• [Source information]
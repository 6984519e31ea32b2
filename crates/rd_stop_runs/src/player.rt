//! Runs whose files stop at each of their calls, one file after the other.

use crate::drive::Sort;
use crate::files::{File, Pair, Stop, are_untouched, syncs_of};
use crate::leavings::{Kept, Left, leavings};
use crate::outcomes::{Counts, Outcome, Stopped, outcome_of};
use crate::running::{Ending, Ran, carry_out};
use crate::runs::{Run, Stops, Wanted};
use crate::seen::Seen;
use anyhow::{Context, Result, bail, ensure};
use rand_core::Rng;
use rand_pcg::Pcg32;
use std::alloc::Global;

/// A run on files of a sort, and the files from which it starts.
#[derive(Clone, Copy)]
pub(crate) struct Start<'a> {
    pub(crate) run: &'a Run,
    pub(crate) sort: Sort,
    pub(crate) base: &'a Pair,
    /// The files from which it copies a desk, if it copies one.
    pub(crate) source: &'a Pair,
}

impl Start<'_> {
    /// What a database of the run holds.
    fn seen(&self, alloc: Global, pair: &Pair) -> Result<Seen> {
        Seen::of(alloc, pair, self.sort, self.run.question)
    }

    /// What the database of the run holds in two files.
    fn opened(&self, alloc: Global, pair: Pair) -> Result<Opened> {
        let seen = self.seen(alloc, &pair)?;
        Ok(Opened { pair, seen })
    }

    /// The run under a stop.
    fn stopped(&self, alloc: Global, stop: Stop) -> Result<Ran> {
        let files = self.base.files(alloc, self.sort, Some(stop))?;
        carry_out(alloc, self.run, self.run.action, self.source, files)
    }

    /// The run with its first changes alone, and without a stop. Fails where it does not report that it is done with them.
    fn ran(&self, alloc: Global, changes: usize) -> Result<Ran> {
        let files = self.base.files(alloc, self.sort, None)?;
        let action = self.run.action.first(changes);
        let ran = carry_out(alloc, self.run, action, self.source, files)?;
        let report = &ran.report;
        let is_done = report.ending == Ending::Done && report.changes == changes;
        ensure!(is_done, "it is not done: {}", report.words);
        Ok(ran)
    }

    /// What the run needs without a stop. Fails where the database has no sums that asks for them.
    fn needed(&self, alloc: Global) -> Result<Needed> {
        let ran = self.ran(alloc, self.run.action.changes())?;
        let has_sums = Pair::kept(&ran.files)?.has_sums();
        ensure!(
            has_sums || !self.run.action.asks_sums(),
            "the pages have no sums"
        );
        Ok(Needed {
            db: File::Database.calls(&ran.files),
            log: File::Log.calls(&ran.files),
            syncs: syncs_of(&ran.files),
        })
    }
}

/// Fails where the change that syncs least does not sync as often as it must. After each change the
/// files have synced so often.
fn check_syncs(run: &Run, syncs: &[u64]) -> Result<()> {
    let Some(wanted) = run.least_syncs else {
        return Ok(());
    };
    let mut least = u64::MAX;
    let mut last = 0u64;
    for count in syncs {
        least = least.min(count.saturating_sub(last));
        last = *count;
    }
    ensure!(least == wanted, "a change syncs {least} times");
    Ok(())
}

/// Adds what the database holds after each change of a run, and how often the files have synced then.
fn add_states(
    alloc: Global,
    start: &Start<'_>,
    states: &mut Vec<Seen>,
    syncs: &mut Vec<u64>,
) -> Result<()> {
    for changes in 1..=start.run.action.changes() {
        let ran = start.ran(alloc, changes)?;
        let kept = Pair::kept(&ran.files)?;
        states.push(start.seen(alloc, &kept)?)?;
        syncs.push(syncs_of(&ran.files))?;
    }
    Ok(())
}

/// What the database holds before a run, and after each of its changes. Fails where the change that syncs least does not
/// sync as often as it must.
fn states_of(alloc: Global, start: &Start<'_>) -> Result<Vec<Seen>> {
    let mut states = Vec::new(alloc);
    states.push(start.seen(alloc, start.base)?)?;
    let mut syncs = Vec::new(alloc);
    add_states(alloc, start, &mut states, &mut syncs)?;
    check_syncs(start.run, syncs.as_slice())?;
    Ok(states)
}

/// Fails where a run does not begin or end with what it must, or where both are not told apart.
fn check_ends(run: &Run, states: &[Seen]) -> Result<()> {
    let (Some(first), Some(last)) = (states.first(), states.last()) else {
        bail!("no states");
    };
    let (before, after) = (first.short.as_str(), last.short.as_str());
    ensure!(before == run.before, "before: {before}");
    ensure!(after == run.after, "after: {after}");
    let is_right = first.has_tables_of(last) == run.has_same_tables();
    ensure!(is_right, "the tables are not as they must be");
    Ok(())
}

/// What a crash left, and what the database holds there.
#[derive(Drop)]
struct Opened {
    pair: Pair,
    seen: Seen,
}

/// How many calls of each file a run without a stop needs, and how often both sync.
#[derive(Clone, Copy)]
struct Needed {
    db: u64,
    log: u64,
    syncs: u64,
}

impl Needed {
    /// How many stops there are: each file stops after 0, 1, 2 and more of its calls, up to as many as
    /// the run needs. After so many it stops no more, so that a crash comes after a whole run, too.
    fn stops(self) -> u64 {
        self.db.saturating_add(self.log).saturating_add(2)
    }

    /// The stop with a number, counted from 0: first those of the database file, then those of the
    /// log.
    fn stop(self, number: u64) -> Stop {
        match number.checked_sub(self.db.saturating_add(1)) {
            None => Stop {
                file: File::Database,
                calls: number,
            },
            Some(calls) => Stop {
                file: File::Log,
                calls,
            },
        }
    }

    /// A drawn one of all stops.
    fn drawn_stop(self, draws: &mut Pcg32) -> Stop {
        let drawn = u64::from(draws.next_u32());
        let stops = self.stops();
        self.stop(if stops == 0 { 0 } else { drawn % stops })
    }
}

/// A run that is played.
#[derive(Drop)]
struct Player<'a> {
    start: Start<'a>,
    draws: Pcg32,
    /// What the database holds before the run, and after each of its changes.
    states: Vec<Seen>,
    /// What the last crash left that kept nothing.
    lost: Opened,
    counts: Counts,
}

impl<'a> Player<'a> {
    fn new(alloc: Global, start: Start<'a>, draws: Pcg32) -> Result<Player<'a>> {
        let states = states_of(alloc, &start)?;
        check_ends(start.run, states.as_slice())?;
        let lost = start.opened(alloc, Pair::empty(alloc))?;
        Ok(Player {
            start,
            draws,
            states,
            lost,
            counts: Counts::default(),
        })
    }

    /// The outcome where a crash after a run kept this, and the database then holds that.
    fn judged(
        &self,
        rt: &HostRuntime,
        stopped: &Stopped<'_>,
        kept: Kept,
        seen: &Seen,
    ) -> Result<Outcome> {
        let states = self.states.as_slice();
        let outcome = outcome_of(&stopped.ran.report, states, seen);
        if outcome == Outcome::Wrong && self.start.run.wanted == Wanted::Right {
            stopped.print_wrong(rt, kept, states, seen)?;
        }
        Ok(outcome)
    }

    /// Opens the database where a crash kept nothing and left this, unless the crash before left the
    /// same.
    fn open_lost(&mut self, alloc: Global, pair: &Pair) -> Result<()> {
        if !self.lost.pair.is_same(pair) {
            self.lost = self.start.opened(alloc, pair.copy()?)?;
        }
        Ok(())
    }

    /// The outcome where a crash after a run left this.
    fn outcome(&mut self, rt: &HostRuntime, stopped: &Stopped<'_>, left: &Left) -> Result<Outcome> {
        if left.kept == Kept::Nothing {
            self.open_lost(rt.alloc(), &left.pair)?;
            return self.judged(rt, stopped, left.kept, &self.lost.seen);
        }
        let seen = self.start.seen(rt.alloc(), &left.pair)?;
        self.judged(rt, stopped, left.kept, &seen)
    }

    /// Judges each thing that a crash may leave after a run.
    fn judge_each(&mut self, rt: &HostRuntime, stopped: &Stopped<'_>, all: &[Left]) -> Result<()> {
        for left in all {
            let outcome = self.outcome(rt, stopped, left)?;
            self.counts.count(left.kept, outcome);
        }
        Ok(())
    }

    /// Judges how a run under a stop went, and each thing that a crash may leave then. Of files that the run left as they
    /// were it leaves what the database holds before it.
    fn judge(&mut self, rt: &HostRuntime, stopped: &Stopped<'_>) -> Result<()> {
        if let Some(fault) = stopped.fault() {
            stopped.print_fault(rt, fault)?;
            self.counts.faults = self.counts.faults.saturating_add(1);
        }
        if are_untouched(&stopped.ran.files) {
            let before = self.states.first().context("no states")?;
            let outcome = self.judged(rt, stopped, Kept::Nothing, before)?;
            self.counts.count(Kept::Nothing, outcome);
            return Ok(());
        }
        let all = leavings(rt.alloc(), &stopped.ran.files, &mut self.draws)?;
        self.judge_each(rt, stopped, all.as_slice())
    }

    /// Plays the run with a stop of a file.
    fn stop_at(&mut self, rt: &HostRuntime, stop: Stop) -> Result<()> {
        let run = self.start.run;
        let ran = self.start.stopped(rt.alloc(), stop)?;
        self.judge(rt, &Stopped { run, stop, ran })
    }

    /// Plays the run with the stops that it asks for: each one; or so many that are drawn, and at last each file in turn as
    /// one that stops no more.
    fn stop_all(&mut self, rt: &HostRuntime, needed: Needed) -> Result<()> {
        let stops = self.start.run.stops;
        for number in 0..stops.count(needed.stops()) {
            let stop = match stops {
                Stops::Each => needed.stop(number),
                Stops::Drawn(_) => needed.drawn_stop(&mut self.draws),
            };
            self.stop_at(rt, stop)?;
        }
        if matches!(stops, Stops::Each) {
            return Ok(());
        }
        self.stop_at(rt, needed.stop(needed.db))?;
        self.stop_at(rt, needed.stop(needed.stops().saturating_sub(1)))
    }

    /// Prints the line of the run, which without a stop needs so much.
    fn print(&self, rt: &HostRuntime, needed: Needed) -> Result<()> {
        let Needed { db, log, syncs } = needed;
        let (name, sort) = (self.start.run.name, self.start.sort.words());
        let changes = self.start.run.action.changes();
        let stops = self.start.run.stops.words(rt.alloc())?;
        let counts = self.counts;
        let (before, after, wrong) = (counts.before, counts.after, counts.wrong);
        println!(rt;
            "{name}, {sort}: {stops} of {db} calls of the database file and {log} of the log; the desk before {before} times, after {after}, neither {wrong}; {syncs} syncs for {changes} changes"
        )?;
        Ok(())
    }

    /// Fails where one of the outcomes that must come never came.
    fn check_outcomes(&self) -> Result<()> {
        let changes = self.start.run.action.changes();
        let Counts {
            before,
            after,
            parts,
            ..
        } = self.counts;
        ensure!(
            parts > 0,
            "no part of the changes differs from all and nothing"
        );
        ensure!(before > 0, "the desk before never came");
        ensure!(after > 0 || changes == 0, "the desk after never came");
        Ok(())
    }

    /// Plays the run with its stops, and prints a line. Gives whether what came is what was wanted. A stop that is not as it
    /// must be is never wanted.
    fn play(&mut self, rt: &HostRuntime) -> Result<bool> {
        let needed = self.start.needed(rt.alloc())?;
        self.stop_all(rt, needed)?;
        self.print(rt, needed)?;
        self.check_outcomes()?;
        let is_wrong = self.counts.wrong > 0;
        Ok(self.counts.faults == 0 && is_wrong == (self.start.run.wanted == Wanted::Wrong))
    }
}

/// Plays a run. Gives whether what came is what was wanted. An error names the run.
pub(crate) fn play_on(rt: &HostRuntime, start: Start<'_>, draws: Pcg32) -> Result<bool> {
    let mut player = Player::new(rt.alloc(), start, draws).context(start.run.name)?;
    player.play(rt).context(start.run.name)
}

• [What to do]
The response should be the lines from the one containing "self.check_outcomes()?;" through the last line of the data, set down exactly and with no other line.

• [Written reply]
        self.check_outcomes()?;
        let is_wrong = self.counts.wrong > 0;
        Ok(self.counts.faults == 0 && is_wrong == (self.start.run.wanted == Wanted::Wrong))
    }
}

/// Plays a run. Gives whether what came is what was wanted. An error names the run.
pub(crate) fn play_on(rt: &HostRuntime, start: Start<'_>, draws: Pcg32) -> Result<bool> {
    let mut player = Player::new(rt.alloc(), start, draws).context(start.run.name)?;
    player.play(rt).context(start.run.name)
}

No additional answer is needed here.